A brute force algorithm lists every possible solution and then compares them to find the best possible solution. This can take a lot of time when in the real world there can be many choices.

The nearest neighbor algorithm chooses the best choice at every branch of the path, continuing to make the best choice at each stage and finally linking those choices together into an overall solution. This might miss the best possible solution overall but is much faster than the brute force algorithm.

False
78.
b

A brute force algorithm lists every possible solution and then compares them to find the best possible solution. This can take a lot of time when in the real world there can be many choices.

The greedy algorithm chooses the best choice at every branch of the path, continuing to make the best choice at each stage and finally linking those choices together into an overall solution. This might miss the best possible solution overall but is much faster than the brute force algorithm.

False
79.
a A brute force algorithm lists every possible weighted Hamilton cycle and then compares them to find the cycle with the least weight.
True
80.
b The nearest neighbor algorithm chooses the best choice at every branch of the path, continuing to make the best choice at each stage and finally linking those choices together into an overall solution. This might miss the best possible solution overall but is much faster than the brute force algorithm.
False
81.
b The traveling salesman problem is the shortest route to travel to multiple points and return to the original location.
False
82.
a True
83.
a True
84.
b

The number of distinct Hamilton cycles of a complete graph with n vertices is ( n 1 ) !.

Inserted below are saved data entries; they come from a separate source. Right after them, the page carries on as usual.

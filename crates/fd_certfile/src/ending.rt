// How a certificate goes on: with its end, with a block, or otherwise.
ghost use Rattle.std.specs.Prelude.{◌≡◌};
ghost use Rattle.fd_certfile.specs.Lines.{lines_of};
ghost use Rattle.fd_certfile.specs.Reader.{is_end, is_solution, starts_with_end};
ghost use Rattle.fd_certfile.specs.Views.{view};

use crate::line::{Line, read_line};
use fd_lines::cut;

pub(crate) fn is_end(line: &Line<'_>) -> bool
    ensures { result ≡ is_end (view line.now) }
{
    match line {
        Line::End => true,
        _ => false,
    }
}

pub(crate) fn is_solution(line: &Line<'_>) -> bool
    ensures { result ≡ is_solution (view line.now) }
{
    match line {
        Line::Solution(..) => true,
        _ => false,
    }
}

/// Whether the next line is `end`.
pub(crate) fn is_ended(bytes: &[u8]) -> bool
    ensures { result ≡ starts_with_end (lines_of bytes.now) }
{
    match cut(bytes, b'\n') {
        Some((text, _)) => is_end(&read_line(text)),
        None => false,
    }
}
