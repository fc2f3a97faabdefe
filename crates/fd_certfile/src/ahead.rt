// A block that is read ahead.
ghost use Rattle.std.specs.Prelude.{◌≡◌, ◌+◌, ◌∷◌, ◌<◌, ◌^◌};
ghost use Rattle.std.specs.Option.{option_map};
ghost use Rattle.fd_certfile.specs.Ahead.{GivesAhead};
ghost use Rattle.fd_certfile.specs.Blocks.{count_of};
ghost use Rattle.fd_certfile.specs.Lines.{lines_of, solution};
ghost use Rattle.fd_certfile.specs.Readings.{due_in, lines_before, moved};
ghost use Rattle.fd_certfile.specs.Views.{head, view};

use crate::block::{Part, acts, parts, rows};
use crate::cells::Cells;
use crate::fault::Stop;
use crate::line::{Line, read_line};
use crate::row::is_place;
use crate::version::Version;
use fd_lines::cut;
use std::alloc::Global;

/// The numbers of a solution line.
#[derive(Clone, Copy, Debug, Drop)]
pub(crate) struct Head {
    pub number: i128,
    pub hour: i128,
    pub round: i128,
    pub size: i128,
}

/// A block that stands next: its unknowns and the entries of its inverse, kept where its size is due; the bytes from
/// its acts on, and those behind it; and how many lines it has.
#[derive(Debug, Drop)]
pub(crate) struct Ahead<'a> {
    pub head: Head,
    pub parts: Vec<Part>,
    pub cells: Cells,
    pub acts: &'a [u8],
    pub rest: &'a [u8],
    pub lines: u128,
}

// A number of things; none for a negative one.
fn count_of(size: i128) -> u128
    ensures { result ≡ count_of size }
{
    if size < 0 { 0 } else { size as u128 }
}

// The same, with so many lines before.
fn moved(stop: Stop, lines: u128) -> Stop
    requires { lines + lines_before stop < 2 ^ 128 }
    ensures { result ≡ moved lines stop }
{
    match stop {
        Stop::NoMemory => Stop::NoMemory,
        Stop::Refused { behind } => Stop::Refused {
            behind: lines + behind,
        },
    }
}

fn head_of(line: &Line<'_>) -> Option<Head>
    ensures { option_map head result ≡ due_in (view line.now) }
{
    match line {
        Line::Solution(number, hour, round, size) => Some(Head {
            number: *number,
            hour: *hour,
            round: *round,
            size: *size,
        }),
        _ => None,
    }
}

// What follows a solution line.
fn body(
    alloc: Global,
    version: Version,
    due: u32,
    head: Head,
    bytes: &[u8],
) -> Result<Ahead<'_>, Stop>
    ensures { GivesAhead version due result (solution head.number head.hour head.round head.size ∷ lines_of bytes.now) }
{
    // read for its length alone, which bounds the number of lines
    let _length = bytes.len();
    let keep = is_place(u128::from(due), head.size);
    let count = count_of(head.size);
    let (parts, rest) = match parts(alloc, keep, count, bytes) {
        Ok(read) => read,
        Err(stop) => return Err(moved(stop, 1)),
    };
    let (cells, behind) = match rows(alloc, keep, version, count as u64, rest) {
        Ok(read) => read,
        Err(stop) => return Err(moved(stop, 1 + count)),
    };
    let (made, rest) = acts(behind);
    Ok(Ahead {
        head,
        parts,
        cells,
        acts: behind,
        rest,
        lines: 1 + (count + (count + made)),
    })
}

/// The next block in a version, whose numbers are kept where it has the size that is due; or why there is none.
pub(crate) fn read_block(
    alloc: Global,
    version: Version,
    due: u32,
    bytes: &[u8],
) -> Result<Ahead<'_>, Stop>
    ensures { GivesAhead version due result (lines_of bytes.now) }
{
    match cut(bytes, b'\n') {
        Some((text, more)) => match head_of(&read_line(text)) {
            Some(head) => body(alloc, version, due, head, more),
            None => Err(Stop::Refused { behind: 0 }),
        },
        None => Err(Stop::Refused { behind: 0 }),
    }
}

Since half of those cycles are the reverse of the others, there are only ( n 1 ) ! 2 distinct weighted cycles.

False
85.
b A spanning tree has no cycles. By definition, a spanning tree is acyclic.
False
86.
a A spanning tree has no cycles. By definition, a spanning tree is acyclic. Since it has no cycles, it has no triangles.
True
87.
a By definition, a spanning tree must span the whole graph by visiting every vertex of a graph.
True
88.
a Spanning trees are connected, acyclic, and visit every vertex in a graph. They are the unique path that visits every vertex in a graph.
True
89.
a All trees are connected.
True
90.
b Kruskal’s algorithm is a method of finding a minimum spanning tree of a weighted graph, not for finding all the different spanning trees.
False
91.
b In examples in the lesson, you found the spanning tree for graphs with cyclic subgraphs.
False
92.
a Kruskal’s algorithm is a method of finding a minimum spanning tree of a weighted graph. It can be used in practical applications such as finding the most economical way to install a computer network.
True
93.
a Kruskal’s algorithm is a method of finding a minimum spanning tree of a weighted graph. The tree it finds includes every vertex of the original graph with the least weights that do not create a cycle.
True
94.
a A cut edge is another term for a bridge. If you delete the cut edge from the spanning tree, the graph is no longer connected. Thus, you cannot delete the cut edge/bridge from the spanning tree or the graph is no longer connected. A spanning tree must be connected.